@martinwellman has been working hard on building out the tool to automate transformation from wide to long data in ODM. For this process we’ve been using example data from the EU4S program, which use a ODM wide format.
The three problems we’ve come up against so far are:
- What to do with identical/repeated headers;
- Creating a standard rule for generating new rows with “AND” headers, and whether the same should be implemented for “OR” headers; and
- How to link related headers together when it’s ambiguous, or when there is a repeated header has a different meaning.

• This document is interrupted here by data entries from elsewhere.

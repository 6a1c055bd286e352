//! Which lines ask for what is built.
ghost use Rattle.std.specs.Prelude.{◌≡◌};
ghost use Rattle.line_reader.specs.Built.{is_built, is_built_word, is_device_word, is_store_word, is_transaction_word, is_upkeep_word};

use script::cut;

/// Whether a line is empty, a comment, or begins with a word that is built.
#[tactic(auto, unfolding(crate::specs::Built::is_built))]
pub fn is_built(line: &[u8]) -> bool
    ensures { result ≡ is_built line.now }
{
    match line {
        [] => true,
        [b'#', ..] => true,
        _ => {
            let (word, _) = cut(line);
            is_built_word(word)
        }
    }
}

fn is_built_word(word: &[u8]) -> bool
    ensures { result ≡ is_built_word word.now }
{
    is_transaction_word(word) || is_store_word(word) || is_device_word(word) || is_upkeep_word(word)
}

/// Whether it asks for something of the store.
fn is_store_word(word: &[u8]) -> bool
    ensures { result ≡ is_store_word word.now }
{
    word == b"format".as_slice()
        || word == b"open".as_slice()
        || word == b"stat".as_slice()
        || word == b"close".as_slice()
        || word == b"stop".as_slice()
}

/// Whether it asks for a fault of a device, or takes its fuse back.
fn is_device_word(word: &[u8]) -> bool
    ensures { result ≡ is_device_word word.now }
{
    word == b"damage".as_slice() || word == b"fuse".as_slice() || word == b"renew".as_slice()
}

/// Whether it asks for something that keeps the store up, or loses a part of it.
fn is_upkeep_word(word: &[u8]) -> bool
    ensures { result ≡ is_upkeep_word word.now }
{
    word == b"checkpoint".as_slice()
        || word == b"backup".as_slice()
        || word == b"archive".as_slice()
        || word == b"lose".as_slice()
        || word == b"help".as_slice()
}

/// Whether it asks for something of a transaction.
fn is_transaction_word(word: &[u8]) -> bool
    ensures { result ≡ is_transaction_word word.now }
{
    word == b"begin".as_slice()
        || word == b"get".as_slice()
        || word == b"put".as_slice()
        || word == b"del".as_slice()
        || word == b"scan".as_slice()
        || word == b"op".as_slice()
        || word == b"commit".as_slice()
        || word == b"abort".as_slice()
}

For 1, the example is the measure_value and measure_value_alpha headers in the EU4S data, which are both the wide name wat_sa_NR_hMr_hUn_hAg_NR_value. The existence on the EU4S side, is that measure_value is for numeric inputs, while measure_value_alpha is for string inputs. The result is that there should never be a value in both columns at the same time. So the rule is to take the value in whatever column has the value, and to generate an error if there’s values in both.
For 2, the “AND” and “OR” headers are for reporting two (or more) values at once in exception headers. As such, “AND” and “OR” headers will always require generating additional columns in the long data format. For the “AND” headers in the EU4S data, they also require additional rows, because the first. parts (in_2_AND_name) repeat. So despite what I thought earlier, @martinwellman , I think the rule for new rows might need to be based on this kind of repetition, and not just based on the “AND”.
For 3, the issue is for items like qr_qualityFlag, if there are multiple measures in the wide table, how do we know what the quality flag is for? Or other situations where wide columns are linked, but there is ambiguity about that linkage. For this, @martinwellman had been using a tagging system, and we think we will adopt the tagging system more broadly now. One issue was that in R, the only symbol that’s not “_” that can also be used in a name is “.”, so if we want to differentiate the tags with a different symbol we have to use “.”. The other issue is that when importing data in Python with pandas, rows with identical names will be appended with a “.#” where “#” is a whole number to indicate the repetition and avoid duplication. To avoid our tags getting confused with this kind of repetition, I suggested adding the tags as “.o#” or “.odm#” with an integer, so that the tags are consistent, useable in R, and don’t create confusion in Python.
Curious to hear the thoughts of others on this, @dmanuel - and Martin, let me know if I missed anything or got anything wrong.